• [Records provided]
***
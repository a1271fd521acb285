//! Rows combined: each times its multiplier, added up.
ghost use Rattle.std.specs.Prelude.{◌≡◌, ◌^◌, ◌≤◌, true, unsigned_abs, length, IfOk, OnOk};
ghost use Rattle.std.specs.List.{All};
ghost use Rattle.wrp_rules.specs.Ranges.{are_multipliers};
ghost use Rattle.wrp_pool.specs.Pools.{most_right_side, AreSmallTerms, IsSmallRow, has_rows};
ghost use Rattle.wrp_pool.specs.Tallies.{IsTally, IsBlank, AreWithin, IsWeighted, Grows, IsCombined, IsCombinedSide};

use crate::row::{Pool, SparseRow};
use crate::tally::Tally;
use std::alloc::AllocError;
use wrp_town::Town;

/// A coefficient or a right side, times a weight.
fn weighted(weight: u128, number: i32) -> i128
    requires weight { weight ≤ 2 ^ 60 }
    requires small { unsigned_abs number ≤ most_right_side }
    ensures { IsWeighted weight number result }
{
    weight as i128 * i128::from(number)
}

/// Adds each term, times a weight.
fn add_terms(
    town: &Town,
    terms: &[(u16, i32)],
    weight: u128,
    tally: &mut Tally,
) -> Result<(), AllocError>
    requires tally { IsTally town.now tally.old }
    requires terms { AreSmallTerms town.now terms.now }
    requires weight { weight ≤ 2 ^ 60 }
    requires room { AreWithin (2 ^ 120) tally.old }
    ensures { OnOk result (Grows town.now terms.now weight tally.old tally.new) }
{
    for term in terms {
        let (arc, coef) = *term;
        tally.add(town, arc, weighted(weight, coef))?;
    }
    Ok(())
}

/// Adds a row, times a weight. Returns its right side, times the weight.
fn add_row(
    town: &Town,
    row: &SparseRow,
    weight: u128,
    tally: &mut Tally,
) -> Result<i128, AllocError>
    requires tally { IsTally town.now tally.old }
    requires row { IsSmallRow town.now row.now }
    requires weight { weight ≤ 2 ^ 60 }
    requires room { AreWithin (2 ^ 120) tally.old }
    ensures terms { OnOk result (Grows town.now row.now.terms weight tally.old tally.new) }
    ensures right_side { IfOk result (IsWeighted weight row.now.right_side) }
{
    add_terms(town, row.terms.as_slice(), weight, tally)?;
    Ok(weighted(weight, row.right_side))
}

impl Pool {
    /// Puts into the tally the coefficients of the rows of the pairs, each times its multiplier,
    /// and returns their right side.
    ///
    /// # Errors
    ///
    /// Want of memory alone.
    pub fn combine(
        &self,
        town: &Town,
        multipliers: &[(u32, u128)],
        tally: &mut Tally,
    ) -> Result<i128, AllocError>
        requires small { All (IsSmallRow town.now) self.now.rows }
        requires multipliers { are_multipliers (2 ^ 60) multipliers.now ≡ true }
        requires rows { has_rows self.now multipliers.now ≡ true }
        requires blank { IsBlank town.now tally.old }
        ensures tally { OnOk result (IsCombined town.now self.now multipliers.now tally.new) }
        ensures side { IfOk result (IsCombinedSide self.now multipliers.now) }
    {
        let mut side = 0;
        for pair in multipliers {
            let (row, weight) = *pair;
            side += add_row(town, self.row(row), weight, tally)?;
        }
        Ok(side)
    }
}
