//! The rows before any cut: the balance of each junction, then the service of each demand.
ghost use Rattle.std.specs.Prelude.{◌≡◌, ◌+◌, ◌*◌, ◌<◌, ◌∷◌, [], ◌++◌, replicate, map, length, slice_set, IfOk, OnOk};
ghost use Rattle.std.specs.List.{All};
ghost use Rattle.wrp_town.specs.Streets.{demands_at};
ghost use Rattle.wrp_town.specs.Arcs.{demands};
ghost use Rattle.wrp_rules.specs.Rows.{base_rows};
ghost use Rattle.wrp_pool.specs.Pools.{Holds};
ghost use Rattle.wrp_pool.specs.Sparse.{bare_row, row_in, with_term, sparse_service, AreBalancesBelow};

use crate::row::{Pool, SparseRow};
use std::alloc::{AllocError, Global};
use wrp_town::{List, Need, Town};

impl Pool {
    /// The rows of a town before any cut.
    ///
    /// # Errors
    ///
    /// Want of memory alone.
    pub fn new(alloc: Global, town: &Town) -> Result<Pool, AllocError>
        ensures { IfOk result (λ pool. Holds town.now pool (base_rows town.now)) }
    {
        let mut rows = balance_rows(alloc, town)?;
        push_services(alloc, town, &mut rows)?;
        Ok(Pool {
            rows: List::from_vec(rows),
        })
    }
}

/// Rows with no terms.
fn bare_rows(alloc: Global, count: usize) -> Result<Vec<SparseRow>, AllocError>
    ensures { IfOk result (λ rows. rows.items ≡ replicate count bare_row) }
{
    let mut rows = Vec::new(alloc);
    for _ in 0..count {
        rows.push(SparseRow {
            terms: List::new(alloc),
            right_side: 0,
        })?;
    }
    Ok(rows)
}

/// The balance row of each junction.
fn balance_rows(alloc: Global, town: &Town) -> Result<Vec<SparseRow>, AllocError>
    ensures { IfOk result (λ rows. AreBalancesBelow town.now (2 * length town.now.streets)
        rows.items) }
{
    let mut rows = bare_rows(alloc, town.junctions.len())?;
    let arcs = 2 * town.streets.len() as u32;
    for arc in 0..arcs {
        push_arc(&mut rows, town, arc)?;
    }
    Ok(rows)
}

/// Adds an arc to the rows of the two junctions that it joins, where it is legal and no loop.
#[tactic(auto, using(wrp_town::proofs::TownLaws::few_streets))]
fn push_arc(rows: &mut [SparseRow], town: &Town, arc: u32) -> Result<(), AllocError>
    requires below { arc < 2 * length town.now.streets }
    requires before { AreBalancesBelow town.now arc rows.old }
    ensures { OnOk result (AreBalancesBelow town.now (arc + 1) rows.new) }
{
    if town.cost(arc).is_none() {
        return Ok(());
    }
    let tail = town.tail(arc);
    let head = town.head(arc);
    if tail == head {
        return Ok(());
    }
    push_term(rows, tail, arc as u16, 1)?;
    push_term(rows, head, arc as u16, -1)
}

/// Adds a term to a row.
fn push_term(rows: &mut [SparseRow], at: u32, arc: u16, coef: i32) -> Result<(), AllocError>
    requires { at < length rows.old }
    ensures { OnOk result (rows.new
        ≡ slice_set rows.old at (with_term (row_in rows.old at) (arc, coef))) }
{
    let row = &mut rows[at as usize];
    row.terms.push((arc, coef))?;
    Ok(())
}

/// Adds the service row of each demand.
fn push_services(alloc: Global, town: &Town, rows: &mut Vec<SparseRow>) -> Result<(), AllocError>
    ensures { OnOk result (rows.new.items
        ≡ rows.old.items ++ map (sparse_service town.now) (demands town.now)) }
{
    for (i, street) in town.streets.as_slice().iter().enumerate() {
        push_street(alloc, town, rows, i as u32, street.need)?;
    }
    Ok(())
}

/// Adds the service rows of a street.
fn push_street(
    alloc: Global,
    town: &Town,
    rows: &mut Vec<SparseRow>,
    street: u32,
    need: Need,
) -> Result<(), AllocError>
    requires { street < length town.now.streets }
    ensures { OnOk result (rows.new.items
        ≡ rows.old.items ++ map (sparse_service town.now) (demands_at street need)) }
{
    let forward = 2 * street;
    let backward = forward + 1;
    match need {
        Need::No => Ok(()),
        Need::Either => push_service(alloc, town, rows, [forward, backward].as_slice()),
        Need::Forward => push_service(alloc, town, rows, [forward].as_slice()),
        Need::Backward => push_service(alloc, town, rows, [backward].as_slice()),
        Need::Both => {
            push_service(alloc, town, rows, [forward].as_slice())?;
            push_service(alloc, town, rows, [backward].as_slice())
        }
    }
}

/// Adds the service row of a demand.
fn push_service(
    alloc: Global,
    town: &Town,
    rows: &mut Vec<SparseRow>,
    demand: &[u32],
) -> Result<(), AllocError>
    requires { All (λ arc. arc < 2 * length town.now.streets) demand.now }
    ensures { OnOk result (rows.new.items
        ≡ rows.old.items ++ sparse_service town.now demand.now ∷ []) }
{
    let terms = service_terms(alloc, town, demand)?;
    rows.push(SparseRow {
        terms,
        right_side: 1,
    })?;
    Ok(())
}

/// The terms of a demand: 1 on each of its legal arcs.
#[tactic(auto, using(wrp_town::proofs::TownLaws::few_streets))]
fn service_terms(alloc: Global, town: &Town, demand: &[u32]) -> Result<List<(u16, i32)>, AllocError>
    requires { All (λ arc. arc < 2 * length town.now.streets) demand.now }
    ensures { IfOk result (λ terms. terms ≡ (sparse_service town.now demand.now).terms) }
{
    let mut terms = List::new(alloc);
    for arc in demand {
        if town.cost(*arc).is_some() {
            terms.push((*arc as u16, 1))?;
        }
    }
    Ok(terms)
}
***
Reproduce each line of the entries in which the word "Adds" is found.

• [Output of the exercise]
/// Adds each term, times a weight.
/// Adds a row, times a weight. Returns its right side, times the weight.
/// Adds an arc to the rows of the two junctions that it joins, where it is legal and no loop.
/// Adds a term to a row.
/// Adds the service row of each demand.
/// Adds the service rows of a street.
/// Adds the service row of a demand.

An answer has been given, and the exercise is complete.